* PROVIDED DATA *
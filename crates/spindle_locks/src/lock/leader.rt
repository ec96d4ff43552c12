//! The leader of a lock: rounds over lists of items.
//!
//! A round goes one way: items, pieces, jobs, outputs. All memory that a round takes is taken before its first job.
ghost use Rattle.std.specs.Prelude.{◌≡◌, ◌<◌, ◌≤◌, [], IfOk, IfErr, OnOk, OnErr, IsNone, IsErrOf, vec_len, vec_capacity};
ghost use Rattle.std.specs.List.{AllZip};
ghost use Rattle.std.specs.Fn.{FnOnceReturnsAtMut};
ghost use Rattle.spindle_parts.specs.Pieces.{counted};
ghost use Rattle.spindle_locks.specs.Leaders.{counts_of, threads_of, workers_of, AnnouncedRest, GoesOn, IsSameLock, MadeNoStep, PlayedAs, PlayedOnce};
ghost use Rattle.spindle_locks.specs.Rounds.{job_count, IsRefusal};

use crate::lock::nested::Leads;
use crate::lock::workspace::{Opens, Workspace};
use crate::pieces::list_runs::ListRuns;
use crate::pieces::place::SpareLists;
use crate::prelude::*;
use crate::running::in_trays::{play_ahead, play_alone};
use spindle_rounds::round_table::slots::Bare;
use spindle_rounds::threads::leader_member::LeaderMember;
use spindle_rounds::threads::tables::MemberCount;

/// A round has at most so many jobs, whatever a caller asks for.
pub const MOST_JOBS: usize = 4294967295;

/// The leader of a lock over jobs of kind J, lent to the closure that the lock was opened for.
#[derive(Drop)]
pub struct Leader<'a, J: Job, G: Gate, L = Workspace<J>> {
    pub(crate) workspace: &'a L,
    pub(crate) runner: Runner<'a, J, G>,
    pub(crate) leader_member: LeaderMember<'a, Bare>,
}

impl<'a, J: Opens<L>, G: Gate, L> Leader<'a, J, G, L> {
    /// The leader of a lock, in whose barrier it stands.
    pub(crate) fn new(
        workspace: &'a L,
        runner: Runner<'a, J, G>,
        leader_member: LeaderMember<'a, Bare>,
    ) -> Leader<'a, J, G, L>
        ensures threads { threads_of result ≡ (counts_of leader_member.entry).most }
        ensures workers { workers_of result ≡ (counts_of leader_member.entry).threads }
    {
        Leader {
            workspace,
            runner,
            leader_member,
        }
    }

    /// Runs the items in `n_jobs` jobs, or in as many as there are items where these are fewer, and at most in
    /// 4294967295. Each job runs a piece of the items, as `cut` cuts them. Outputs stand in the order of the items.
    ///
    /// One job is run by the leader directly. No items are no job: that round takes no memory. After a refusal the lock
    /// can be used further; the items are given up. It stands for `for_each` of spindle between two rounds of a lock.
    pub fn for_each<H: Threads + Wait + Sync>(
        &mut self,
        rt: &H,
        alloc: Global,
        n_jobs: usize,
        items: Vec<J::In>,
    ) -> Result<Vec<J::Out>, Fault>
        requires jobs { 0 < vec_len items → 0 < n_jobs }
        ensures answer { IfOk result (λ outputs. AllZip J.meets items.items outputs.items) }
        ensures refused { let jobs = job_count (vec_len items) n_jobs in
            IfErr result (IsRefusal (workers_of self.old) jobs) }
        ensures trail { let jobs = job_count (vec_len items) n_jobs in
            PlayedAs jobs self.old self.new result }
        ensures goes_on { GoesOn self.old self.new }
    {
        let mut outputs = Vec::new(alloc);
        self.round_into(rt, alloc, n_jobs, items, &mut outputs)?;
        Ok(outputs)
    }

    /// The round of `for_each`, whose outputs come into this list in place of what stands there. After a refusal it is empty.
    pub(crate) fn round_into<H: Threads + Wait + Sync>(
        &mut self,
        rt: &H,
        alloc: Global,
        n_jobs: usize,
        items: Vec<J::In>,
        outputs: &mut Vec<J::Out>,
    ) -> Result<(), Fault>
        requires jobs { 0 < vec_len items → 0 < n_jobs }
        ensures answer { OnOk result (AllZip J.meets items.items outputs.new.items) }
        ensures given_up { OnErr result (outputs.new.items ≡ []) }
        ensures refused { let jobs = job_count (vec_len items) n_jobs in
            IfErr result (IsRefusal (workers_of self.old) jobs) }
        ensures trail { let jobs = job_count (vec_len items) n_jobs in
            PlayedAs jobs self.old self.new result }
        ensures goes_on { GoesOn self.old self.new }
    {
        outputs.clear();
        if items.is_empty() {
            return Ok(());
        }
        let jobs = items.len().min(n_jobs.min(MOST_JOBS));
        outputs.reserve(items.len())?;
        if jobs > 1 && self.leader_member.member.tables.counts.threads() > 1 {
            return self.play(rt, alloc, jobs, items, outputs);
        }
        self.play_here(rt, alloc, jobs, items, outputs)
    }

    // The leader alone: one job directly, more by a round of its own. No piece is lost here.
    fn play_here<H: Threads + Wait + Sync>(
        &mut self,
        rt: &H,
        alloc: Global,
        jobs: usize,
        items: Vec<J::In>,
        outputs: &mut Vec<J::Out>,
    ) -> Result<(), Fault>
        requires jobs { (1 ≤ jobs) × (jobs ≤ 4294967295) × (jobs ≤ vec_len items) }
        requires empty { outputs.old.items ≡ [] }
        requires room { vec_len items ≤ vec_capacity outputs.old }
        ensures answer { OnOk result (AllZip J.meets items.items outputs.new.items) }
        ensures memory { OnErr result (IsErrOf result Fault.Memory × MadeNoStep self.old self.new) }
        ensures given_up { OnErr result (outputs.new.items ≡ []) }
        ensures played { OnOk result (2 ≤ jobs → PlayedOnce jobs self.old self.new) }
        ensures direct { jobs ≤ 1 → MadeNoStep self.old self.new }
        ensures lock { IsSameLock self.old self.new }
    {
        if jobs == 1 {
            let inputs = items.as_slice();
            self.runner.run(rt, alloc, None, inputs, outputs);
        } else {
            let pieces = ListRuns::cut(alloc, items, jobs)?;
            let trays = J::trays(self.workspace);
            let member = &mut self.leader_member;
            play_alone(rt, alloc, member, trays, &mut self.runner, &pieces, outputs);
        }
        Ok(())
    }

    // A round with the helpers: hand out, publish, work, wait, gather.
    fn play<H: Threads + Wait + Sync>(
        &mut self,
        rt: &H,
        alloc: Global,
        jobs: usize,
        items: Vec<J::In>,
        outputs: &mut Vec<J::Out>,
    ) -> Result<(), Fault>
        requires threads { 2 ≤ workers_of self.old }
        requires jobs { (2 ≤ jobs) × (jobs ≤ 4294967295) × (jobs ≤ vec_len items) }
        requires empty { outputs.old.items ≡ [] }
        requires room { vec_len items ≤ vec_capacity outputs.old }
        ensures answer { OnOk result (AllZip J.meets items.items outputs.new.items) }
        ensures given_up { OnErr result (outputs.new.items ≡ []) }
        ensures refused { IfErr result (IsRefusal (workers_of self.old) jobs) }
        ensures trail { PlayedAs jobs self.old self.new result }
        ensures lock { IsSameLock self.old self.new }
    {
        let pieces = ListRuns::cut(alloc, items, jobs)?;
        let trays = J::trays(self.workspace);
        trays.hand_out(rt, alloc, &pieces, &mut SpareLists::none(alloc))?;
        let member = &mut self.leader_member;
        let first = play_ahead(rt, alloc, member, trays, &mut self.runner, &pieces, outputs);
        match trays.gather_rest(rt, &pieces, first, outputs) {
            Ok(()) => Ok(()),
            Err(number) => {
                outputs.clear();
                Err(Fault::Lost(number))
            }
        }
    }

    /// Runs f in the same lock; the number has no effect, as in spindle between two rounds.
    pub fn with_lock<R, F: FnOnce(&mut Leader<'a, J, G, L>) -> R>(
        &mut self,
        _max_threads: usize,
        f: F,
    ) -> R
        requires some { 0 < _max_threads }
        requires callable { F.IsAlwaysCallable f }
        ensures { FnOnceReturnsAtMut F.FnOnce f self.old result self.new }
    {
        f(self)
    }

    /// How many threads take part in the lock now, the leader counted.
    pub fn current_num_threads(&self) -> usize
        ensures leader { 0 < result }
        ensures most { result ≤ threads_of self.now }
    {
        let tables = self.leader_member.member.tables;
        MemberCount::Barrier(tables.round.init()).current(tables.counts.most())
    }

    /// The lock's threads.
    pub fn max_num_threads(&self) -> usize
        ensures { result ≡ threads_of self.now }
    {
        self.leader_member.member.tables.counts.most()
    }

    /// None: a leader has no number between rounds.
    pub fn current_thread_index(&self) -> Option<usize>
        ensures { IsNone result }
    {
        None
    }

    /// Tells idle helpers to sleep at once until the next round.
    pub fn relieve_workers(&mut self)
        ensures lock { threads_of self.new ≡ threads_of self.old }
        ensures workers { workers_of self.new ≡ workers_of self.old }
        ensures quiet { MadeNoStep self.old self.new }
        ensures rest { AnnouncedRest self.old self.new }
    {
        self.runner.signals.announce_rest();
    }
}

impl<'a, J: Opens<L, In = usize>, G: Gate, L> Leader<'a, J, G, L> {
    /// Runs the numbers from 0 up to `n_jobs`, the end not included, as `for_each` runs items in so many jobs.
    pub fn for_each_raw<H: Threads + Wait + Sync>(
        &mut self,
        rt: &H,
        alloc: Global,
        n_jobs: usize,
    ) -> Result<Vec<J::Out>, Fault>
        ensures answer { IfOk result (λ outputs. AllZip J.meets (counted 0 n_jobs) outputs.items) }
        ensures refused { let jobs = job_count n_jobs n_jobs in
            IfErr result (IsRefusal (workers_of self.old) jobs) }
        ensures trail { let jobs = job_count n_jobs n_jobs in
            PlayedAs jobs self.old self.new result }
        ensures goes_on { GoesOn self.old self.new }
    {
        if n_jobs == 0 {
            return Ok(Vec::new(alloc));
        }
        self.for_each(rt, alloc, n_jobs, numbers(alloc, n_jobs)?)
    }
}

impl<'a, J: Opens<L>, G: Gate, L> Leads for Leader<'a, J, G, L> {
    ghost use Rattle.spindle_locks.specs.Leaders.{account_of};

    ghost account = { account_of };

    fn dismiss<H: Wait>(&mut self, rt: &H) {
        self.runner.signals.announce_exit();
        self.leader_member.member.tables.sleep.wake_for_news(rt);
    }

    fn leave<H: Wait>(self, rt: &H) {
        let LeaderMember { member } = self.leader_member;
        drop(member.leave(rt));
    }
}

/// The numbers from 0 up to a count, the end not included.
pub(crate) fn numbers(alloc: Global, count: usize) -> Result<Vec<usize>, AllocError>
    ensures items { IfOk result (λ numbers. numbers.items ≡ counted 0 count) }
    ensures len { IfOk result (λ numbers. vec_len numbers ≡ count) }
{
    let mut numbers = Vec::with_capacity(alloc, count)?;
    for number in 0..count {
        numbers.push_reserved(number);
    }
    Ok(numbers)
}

* TO DO *
Would you output, unchanged, each line from the start of the records to the line that holds "its first job.", both included and nothing else?

* SOLUTION FOR THIS PROBLEM *
filename crates/spindle_locks/src/lock/leader.rt
repository ec96d4ff43552c12
//! The leader of a lock: rounds over lists of items.
//!
//! A round goes one way: items, pieces, jobs, outputs. All memory that a round takes is taken before its first job.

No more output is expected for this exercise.